别院被封锁,雍亲王禁足在家,这对外放出了一种信号,各处一时多有忙乱。
如此熬了数日,雍亲王写的《金刚经》有一大沓子,御前尚未有动静,端敏长公主先按捺不住了,使人送了信来,告诉雍亲王:“不管怎样,婚还是要成的,拖了孩子这么多年,我们家没有背信弃义的道理。”
她意识到,自家只怕是被人拿着做了刀,用修改婚期来针对雍亲王。
她也猜到大概是谁的手笔了,在家破口大骂晦气,但她能做的也不多,只有把乐安捞出来,同时对雍亲王表明态度:我们还是支持你的,咱们还是好亲家
!
这样雍亲王若是翻了身,你好我好大家好。
哪怕没翻身,她说的那句是真心话,这门婚事拖了乐安这么多年,没有背信弃义的道理。
而且,真成了婚,对达尔罕王府也不会有什么太大的坏处,顶多策妄多尔济以后得不到岳父的帮助呗,还能落个重情重义的名声呢!
这算是禁足生活中少有的一点宽慰,大张氏心总算能放下,握着乐安的手,反复道:“好好歹歹把婚成了,你也有了郡主的封号,嫁妆也都分给你了,嫁过去后,若家里情形不好,你不要多想这边,狠一狠心,自己把日子过好要紧,不然额娘更放心不下。
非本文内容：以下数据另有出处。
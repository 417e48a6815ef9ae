//! Tasks that view and post in threads of their own, again and again, while something goes on.

use crate::posting::is_posted;
use hc_conductor::seat::TaskSeat;
use hc_conductor::view::TaskView;
use std::sync::atomic::{AtomicBool, Ordering};
use std::thread;
use std::thread::{Threads, join, map_vec};

/// The steps of an epoch.
pub const STEPS: u8 = 25;

/// The moment viewed last, and the number of posts made.
pub type Worked = (u64, u64);

/// The byte that slaves send in an epoch at this step of it: no other step of it has this byte, and none of the nine
/// epochs before it and after it.
pub fn byte_of(epoch: u32, step: u8) -> u8 {
    (epoch % 10) as u8 * STEPS + step % STEPS
}

/// The moment of an epoch's step, or of its opening before the first answer. Later moments have greater numbers.
pub fn moment_of(epoch: u32, step: Option<u8>) -> u64 {
    let opened = u64::from(epoch) * 26;
    match step {
        Some(step) => opened + 1 + u64::from(step % STEPS),
        None => opened,
    }
}

/// True if all these bytes are this one.
fn are_all(bytes: &[u8], byte: u8) -> bool {
    for own in bytes {
        if *own != byte {
            return false;
        }
    }
    true
}

/// The moment of a view. None if an input is not the byte of a step of the view's epoch, or two inputs are of different steps.
fn moment_seen(view: &TaskView) -> Option<u64> {
    let epoch = view.epoch();
    let Some(data) = view.inputs(0) else {
        return Some(moment_of(epoch, None));
    };
    let (outputs, _) = view.part();
    let inputs = data.get(usize::from(outputs)..)?;
    let byte = *inputs.first()?;
    let step = byte.checked_sub(byte_of(epoch, 0))?;
    if step < STEPS && are_all(inputs, byte) {
        Some(moment_of(epoch, Some(step)))
    } else {
        None
    }
}

/// Takes a view and leaves it. Returns the seat and the view's moment.
fn looked(seat: TaskSeat) -> (TaskSeat, Option<u64>) {
    match seat.view() {
        Ok(view) => {
            let moment = moment_seen(&view);
            (view.leave(), moment)
        }
        Err(seat) => (seat, None),
    }
}

/// Views and posts in turn until all is done, and views once more. None if a view is refused or false, or is earlier than the
/// one before.
fn worked_until(seat: TaskSeat, is_done: &AtomicBool) -> Option<Worked> {
    let mut seat = seat;
    let (mut last, mut posts) = (0, 0_u64);
    for _ in 0..u64::MAX {
        let was_done = is_done.load(Ordering::SeqCst);
        let (back, moment) = looked(seat);
        seat = back;
        let moment = moment?;
        if moment < last {
            return None;
        }
        if was_done {
            return Some((moment, posts));
        }
        last = moment;
        posts = posts.wrapping_add(u64::from(is_posted(&mut seat, 9)));
        thread::yield_now();
    }
    None
}

/// Eight tasks work, each in a thread of its own, until all is done. Returns the moment to which all came, and the number of
/// all their posts. None if there are more or fewer seats, or two tasks differ.
fn worked<R: Threads + Sync>(rt: &R, seats: Vec<TaskSeat>, is_done: &AtomicBool) -> Option<Worked> {
    if seats.len() != 8 {
        return None;
    }
    let done = map_vec(
        rt,
        seats,
        &|seat: TaskSeat| -> Option<Worked> { worked_until(seat, is_done) },
    )
    .ok()?;
    let (first, _) = (*done.first()?)?;
    let mut all = 0_u64;
    for one in &done {
        let (moment, posts) = (*one)?;
        if moment != first {
            return None;
        }
        all = all.wrapping_add(posts);
    }
    Some((first, all))
}

/// Eight tasks work beside `work`, which sets the flag when all is done. Returns the result of the tasks and that of `work`.
pub fn work_eight<R: Threads + Sync, A, F: FnOnce() -> A>(
    rt: &R,
    seats: Vec<TaskSeat>,
    is_done: &AtomicBool,
    work: F,
) -> (Option<Worked>, A)
    requires { F.pre work }
    ensures { F.post work result.1 }
{
    join(
        rt,
        || -> Option<Worked> { worked(rt, seats, is_done) },
        work,
    )
}
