//! Views of the axis' answer by the seats of tasks 0 and 1: rows worked out by hand.
ghost use Rattle.std.specs.Prelude.{◌≡◌};
ghost use Rattle.hc_conductor.specs.Conducting.{conductor_origin};
ghost use Rattle.hc_conductor.specs.Seats.{task_seat_origin};

use crate::lines::{first_two, is_answered, is_programmed, opened};
use hc_conductor::conductor::Conductor;
use hc_conductor::seat::TaskSeat;
use hc_conductor::view::TaskView;
use hc_records::records::VarId;
use std::alloc::Global;
use std::sync::Wait;

/// A variable's number, and its value or the number of a fault.
pub type ShownValue = (u32, Result<u64, u8>);

/// The contents of a view: the epoch, the data of its task's first datagram, and the values of variables.
pub struct Moment {
    pub epoch: u32,
    pub data: Option<&'static [u8]>,
    pub values: &'static [ShownValue],
}

/// Before the publishing the answer is not shown.
pub const OPENED: Moment = Moment {
    epoch: 0,
    data: None,
    values: &[(9, Err(1)), (1, Err(2)), (2, Err(4))],
};

/// The twelve bits from the second byte on are 0xa34.
pub const ANSWERED: Moment = Moment {
    epoch: 0,
    data: Some(b"\x02\x34\x0a"),
    values: &[(9, Err(1)), (1, Err(2)), (2, Ok(2612))],
};

/// Task 1 has no datagram, and the axis' variables are another task's.
pub const ELSEWHERE: Moment = Moment {
    epoch: 0,
    data: None,
    values: &[(9, Err(1)), (1, Err(2)), (2, Err(3))],
};

/// True if a view gives each of these variables its value or fault.
fn says_all(view: &TaskView, rows: &[ShownValue]) -> bool {
    for (number, value) in rows {
        let Some(variable) = VarId::new(*number) else {
            return false;
        };
        let is_valued = match view.value(variable) {
            Ok(own) => *value == Ok(own),
            Err(fault) => *value == Err(fault.number()),
        };
        if !is_valued {
            return false;
        }
    }
    true
}

/// True if a datagram has exactly these data, or none.
pub fn has(data: Option<&[u8]>, wanted: Option<&[u8]>) -> bool {
    match (data, wanted) {
        (Some(data), Some(wanted)) => data == wanted,
        (None, None) => true,
        _ => false,
    }
}

/// Takes a view and leaves it. True if it showed this moment.
pub fn sees(seat: TaskSeat, moment: &Moment) -> (TaskSeat, bool)
    ensures { task_seat_origin result.0 ≡ task_seat_origin seat }
{
    match seat.view() {
        Ok(view) => {
            let seen = view.epoch() == moment.epoch
                && has(view.inputs(0), moment.data)
                && says_all(&view, moment.values);
            (view.leave(), seen)
        }
        Err(seat) => (seat, false),
    }
}

/// True if the answer is seen once it is published and a note is learned, and not before.
fn is_seen<R: Wait>(
    rt: &R,
    alloc: Global,
    conductor: &mut Conductor,
    seat: TaskSeat,
    other: TaskSeat,
) -> bool
    requires { task_seat_origin seat ≡ conductor_origin conductor.old }
{
    if !is_programmed(alloc, conductor) || !is_answered(alloc, conductor) {
        return false;
    }
    let (mut seat, before) = sees(seat, &OPENED);
    if conductor.publish(rt, alloc).is_err() {
        return false;
    }
    seat.learn(conductor.note());
    let (_, after_it) = sees(seat, &ANSWERED);
    let (_, elsewhere) = sees(other, &ELSEWHERE);
    before && after_it && elsewhere
}

/// Opens the line. True if the two seats see their moments.
fn is_shown<R: Wait>(rt: &R, alloc: Global) -> bool {
    let Some((mut conductor, seats)) = opened(rt, alloc) else {
        return false;
    };
    let seen = match first_two(seats) {
        Some((seat, other)) => is_seen(rt, alloc, &mut conductor, seat, other),
        None => false,
    };
    conductor.finish(rt);
    seen
}

/// The seat of task 0 sees the axis' answer once it is published, and not before. For task 1 the variables are another task's.
#[test]
fn an_answer_is_seen_once_it_is_published(rt: HostRuntime) {
    assert!(rt; is_shown(&rt, rt.alloc()));
}
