//! Tasks that are sent while register blocks of others are owed, over simulated slaves: a gripper that comes, that does not
//! answer, and that stays on the wire after it was disconnected.
ghost use Rattle.hc_events.specs.Calls.{AreSentTogether};

use crate::lines::opened_line;
use crate::loops::Network;
use hc_conductor::conductor::Conductor;
use hc_events::answer::{Answer, Outcome};
use hc_events::faults::CoreFault;
use hc_frames::building::build_fmmu_off;
use hc_machine::SlaveMachine;
use hc_records::edit::Edit;
use std::alloc::{AllocError, Global};
use std::sync::Wait;

/// An axis in task 0, and two grippers in task 2 that are connected one at a time.
const LINE: &str = r#"
[[slave]]
station = 1002
area = [
    { sm = 2, dir = "out", phys = 0x1100, task = 0, assigned = [0x1600], pdo = [
        { index = 0x1600, entries = [[1, 16]] },
    ] },
    { sm = 3, dir = "in", phys = 0x1180, task = 0, assigned = [0x1a00], pdo = [
        { index = 0x1a00, entries = [[11, 16]] },
    ] },
]

[[group]]
alias = 100

[[group.slave]]
station = 2001
area = [
    { sm = 2, dir = "out", phys = 0x1100, task = 2, assigned = [0x1600], pdo = [
        { index = 0x1600, entries = [[101, 8]] },
    ] },
    { sm = 3, dir = "in", phys = 0x1180, task = 2, assigned = [0x1a00], pdo = [
        { index = 0x1a00, entries = [[111, 16]] },
    ] },
]

[[group]]
alias = 200

[[group.slave]]
station = 2002
area = [
    { sm = 2, dir = "out", phys = 0x1100, task = 2, assigned = [0x1600], pdo = [
        { index = 0x1600, entries = [[201, 8]] },
    ] },
    { sm = 3, dir = "in", phys = 0x1180, task = 2, assigned = [0x1a00], pdo = [
        { index = 0x1a00, entries = [[211, 16]] },
    ] },
]
"#;

/// The groups of the two grippers, and their slaves' station addresses.
const FIRST: (u16, u16) = (100, 2001);

const SECOND: (u16, u16) = (200, 2002);

/// The first byte of a slave's outputs.
const OUTPUTS: usize = 0x1100;

/// The axis, and the grippers if they are on the wire.
#[derive(Drop)]
struct Slaves {
    axis: SlaveMachine,
    first: SlaveMachine,
    second: SlaveMachine,
    first_is_plugged: bool,
    second_is_plugged: bool,
}

impl Network for Slaves {
    fn exchange(&mut self, frame: &mut [u8]) {
        self.axis.process(frame);
        if self.first_is_plugged {
            self.first.process(frame);
        }
        if self.second_is_plugged {
            self.second.process(frame);
        }
    }
}

/// A slave with its station address, as after power-up.
fn slave(alloc: Global, station: u16) -> Result<SlaveMachine, AllocError> {
    let mut machine = SlaveMachine::new(alloc, 0)?;
    machine.write_memory(0x0010, &station.to_le_bytes());
    Ok(machine)
}

/// The slaves with both grippers unplugged.
fn simulated(alloc: Global) -> Result<Slaves, AllocError> {
    Ok(Slaves {
        axis: slave(alloc, 1002)?,
        first: slave(alloc, FIRST.1)?,
        second: slave(alloc, SECOND.1)?,
        first_is_plugged: false,
        second_is_plugged: false,
    })
}

/// True if an arrival brought the inputs of each datagram of its frame.
fn brings_inputs(answer: Answer) -> bool {
    match answer {
        Answer::Answered(outcomes) => outcomes.as_slice().iter().all(|outcome| {
            matches!(
                outcome,
                Outcome::Inputs {
                    task: _,
                    datagram: _
                }
            )
        }),
        _ => false,
    }
}

/// Sends ready tasks, and returns whether each of their datagrams had a good answer.
fn is_exchanged(
    alloc: Global,
    conductor: &mut Conductor,
    slaves: &mut Slaves,
    tasks: &[u8],
) -> Result<bool, CoreFault>
    requires { AreSentTogether tasks.now }
{
    let mut arena = [0; 256];
    let frames = conductor.send_ready(alloc, tasks, &mut arena)?;
    let mut at = 0_usize;
    for frame in frames.iter() {
        let end = at.saturating_add(frame.size());
        let Some(sent) = arena.get_mut(at..end) else {
            return Ok(false);
        };
        slaves.exchange(sent);
        if !brings_inputs(conductor.arrive(alloc, sent)) {
            return Ok(false);
        }
        at = end;
    }
    Ok(!frames.is_empty())
}

/// Writes the owed blocks that one frame holds, and returns whether each was written.
fn is_written(
    alloc: Global,
    conductor: &mut Conductor,
    slaves: &mut Slaves,
) -> Result<bool, CoreFault> {
    let mut frame = [0; 1514];
    let writes = conductor.next_writes(&mut frame)?;
    // all that is owed is in this frame, so nothing further can be sent
    if conductor.next_further(alloc, &mut [0; 1514]) != Err(CoreFault::UnderWay) {
        return Ok(false);
    }
    let Some(sent) = frame.get_mut(..writes.size) else {
        return Ok(false);
    };
    slaves.exchange(sent);
    Ok(match conductor.arrive(alloc, sent) {
        Answer::Written(blocks) => {
            let mut blocks = blocks.as_slice().iter();
            blocks.all(|block| *block == Outcome::Done)
        }
        Answer::WriteDone => true,
        _ => false,
    })
}

/// Writes zeros to a slave's FMMUs, and returns whether the slave took them.
fn is_switched_off(slaves: &mut Slaves, station: u16) -> bool {
    let mut frame = [0; 160];
    if build_fmmu_off(&mut frame, station, 8).is_err() {
        return false;
    }
    slaves.exchange(&mut frame);
    frame[26 + 128] == 1
}

/// Carries an edit out.
fn edit(alloc: Global, conductor: &mut Conductor, edit: &Edit) -> Result<(), CoreFault> {
    match conductor.edit(alloc, edit) {
        Answer::Refused(fault) => Err(fault),
        _ => Ok(()),
    }
}

/// Connects a gripper as the pages say: its FMMUs are zero, its group is connected, and its slave is cleared.
fn connect(
    alloc: Global,
    conductor: &mut Conductor,
    slaves: &mut Slaves,
    gripper: (u16, u16),
) -> Result<bool, CoreFault> {
    let is_off = is_switched_off(slaves, gripper.1);
    edit(alloc, conductor, &Edit::Connect(gripper.0))?;
    conductor.cleared(gripper.1)?;
    Ok(is_off)
}

/// A course of events on the line, from its opening on, with the axis' blocks written.
trait Story {
    /// The result of the story.
    type Shown: Drop;

    /// Carries the story out.
    fn run(
        &self,
        alloc: Global,
        conductor: &mut Conductor,
        slaves: &mut Slaves,
    ) -> Result<Self::Shown, CoreFault>;
}

/// A gripper is connected. The result is the success of each step.
#[derive(Drop)]
struct Coming;

/// A gripper does not answer for 1,000 cycles. The result is the number of cycles that exchange the axis, and of those that
/// write the gripper's blocks.
#[derive(Drop)]
struct Silence;

/// A gripper is disconnected and stays plugged, another one comes to its task, and then the first one is cleared on the wire.
#[derive(Drop)]
struct Clearing;

/// A gripper is disconnected and stays plugged, another one comes to its task, and then the first one is unplugged.
#[derive(Drop)]
struct Unplugging;

impl Story for Coming {
    type Shown = [bool; 6];

    fn run(
        &self,
        alloc: Global,
        conductor: &mut Conductor,
        slaves: &mut Slaves,
    ) -> Result<[bool; 6], CoreFault> {
        slaves.first_is_plugged = true;
        let came = connect(alloc, conductor, slaves, FIRST)?;
        let waits = is_exchanged(alloc, conductor, slaves, &[2])
            == Err(CoreFault::Waits {
                task: 2,
                blocks: 4,
                outside: 0,
            });
        let axis = is_exchanged(alloc, conductor, slaves, &[0])?;
        let written = is_written(alloc, conductor, slaves)?;
        let gripper = is_exchanged(alloc, conductor, slaves, &[2])?;
        let both = is_exchanged(alloc, conductor, slaves, &[2, 0])?;
        Ok([came, waits, axis, written, gripper, both])
    }
}

impl Story for Silence {
    type Shown = (u32, u32);

    fn run(
        &self,
        alloc: Global,
        conductor: &mut Conductor,
        slaves: &mut Slaves,
    ) -> Result<(u32, u32), CoreFault> {
        slaves.first_is_plugged = true;
        connect(alloc, conductor, slaves, FIRST)?;
        slaves.first_is_plugged = false;
        let (mut exchanged, mut written) = (0_u32, 0_u32);
        for _ in 0..1_000 {
            let is_good = is_exchanged(alloc, conductor, slaves, &[0])?;
            exchanged = exchanged.saturating_add(u32::from(is_good));
            let is_done = is_written(alloc, conductor, slaves)?;
            written = written.saturating_add(u32::from(is_done));
        }
        Ok((exchanged, written))
    }
}

/// The outputs of both grippers.
fn outputs(slaves: &Slaves) -> (Option<u8>, Option<u8>) {
    (
        slaves.first.memory().get(OUTPUTS).copied(),
        slaves.second.memory().get(OUTPUTS).copied(),
    )
}

/// The first gripper is disconnected and stays plugged with its outputs 0x5a, and the second one comes to the same task. The
/// task waits for the two registers of the first, while the axis is exchanged.
fn swap(
    alloc: Global,
    conductor: &mut Conductor,
    slaves: &mut Slaves,
) -> Result<[bool; 5], CoreFault> {
    slaves.first_is_plugged = true;
    connect(alloc, conductor, slaves, FIRST)?;
    let written = is_written(alloc, conductor, slaves)?;
    let first = is_exchanged(alloc, conductor, slaves, &[2])?;
    slaves.first.write_memory(OUTPUTS, &[0x5a]);
    slaves.second.write_memory(OUTPUTS, &[0x77]);
    edit(alloc, conductor, &Edit::Disconnect(FIRST.0))?;
    slaves.second_is_plugged = true;
    connect(alloc, conductor, slaves, SECOND)?;
    let second = is_written(alloc, conductor, slaves)?;
    let waits = is_exchanged(alloc, conductor, slaves, &[2])
        == Err(CoreFault::Waits {
            task: 2,
            blocks: 0,
            outside: 2,
        });
    let axis = is_exchanged(alloc, conductor, slaves, &[0])?;
    Ok([written, first, second, waits, axis])
}

/// The result of a change of grippers: the success of each step, and the outputs of both grippers before and after the task of
/// the second one was sent.
type Change = (
    [bool; 5],
    (Option<u8>, Option<u8>),
    bool,
    (Option<u8>, Option<u8>),
);

impl Story for Clearing {
    type Shown = Change;

    fn run(
        &self,
        alloc: Global,
        conductor: &mut Conductor,
        slaves: &mut Slaves,
    ) -> Result<Change, CoreFault> {
        let steps = swap(alloc, conductor, slaves)?;
        let before = outputs(slaves);
        let is_off = is_switched_off(slaves, FIRST.1);
        conductor.cleared(FIRST.1)?;
        let is_good = is_exchanged(alloc, conductor, slaves, &[2, 0])?;
        Ok((steps, before, is_off && is_good, outputs(slaves)))
    }
}

impl Story for Unplugging {
    type Shown = Change;

    fn run(
        &self,
        alloc: Global,
        conductor: &mut Conductor,
        slaves: &mut Slaves,
    ) -> Result<Change, CoreFault> {
        let steps = swap(alloc, conductor, slaves)?;
        let before = outputs(slaves);
        slaves.first_is_plugged = false;
        conductor.unplugged(FIRST.1)?;
        let is_good = is_exchanged(alloc, conductor, slaves, &[2, 0])?;
        Ok((steps, before, is_good, outputs(slaves)))
    }
}

/// The result of a story. None if the line is not opened, the axis' blocks are not written, or a call fails.
fn shown_by<R: Wait, S: Story>(rt: &R, alloc: Global, story: &S) -> Option<S::Shown> {
    let mut slaves = simulated(alloc).ok()?;
    let (mut conductor, seats) = opened_line(rt, alloc, LINE)?;
    drop(seats);
    let is_ready = is_written(alloc, &mut conductor, &mut slaves) == Ok(true);
    let shown = if is_ready {
        story.run(alloc, &mut conductor, &mut slaves).ok()
    } else {
        None
    };
    conductor.finish(rt);
    shown
}

/// A gripper comes, and the axis loses no cycle.
#[test]
fn a_tool_comes_without_a_lost_cycle(rt: HostRuntime) {
    assert_eq!(rt; shown_by(&rt, rt.alloc(), &Coming), Some([true; 6]));
}

/// A gripper that does not answer stops its own task alone.
#[test]
fn a_silent_tool_stops_its_own_task_alone(rt: HostRuntime) {
    assert_eq!(rt; shown_by(&rt, rt.alloc(), &Silence), Some((1_000, 0)));
}

/// A gripper that was disconnected and stays on the wire keeps its outputs, and holds its task up until it is cleared.
#[test]
fn a_plugged_tool_holds_its_task_until_it_is_cleared(rt: HostRuntime) {
    let wanted = (
        [true; 5],
        (Some(0x5a), Some(0x77)),
        true,
        (Some(0x5a), Some(0)),
    );
    assert_eq!(rt; shown_by(&rt, rt.alloc(), &Clearing), Some(wanted));
}

/// A gripper that was disconnected and stays on the wire holds its task up until it is unplugged.
#[test]
fn a_plugged_tool_holds_its_task_until_it_is_unplugged(rt: HostRuntime) {
    let wanted = (
        [true; 5],
        (Some(0x5a), Some(0x77)),
        true,
        (Some(0x5a), Some(0)),
    );
    assert_eq!(rt; shown_by(&rt, rt.alloc(), &Unplugging), Some(wanted));
}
”
她是被前头几个皇子的事情吓怕了,以为雍亲王也要落到和从前的大王爷、九贝子一样的结果。
幽禁没什么,不就是关起门来过苦日子么,她享了这么多年的福,也觉得够本了。
唯一不能平静的,是孩子们可怜。
她看着还不大的弘炅,看着即将出阁的女儿,好像有流不完的眼泪。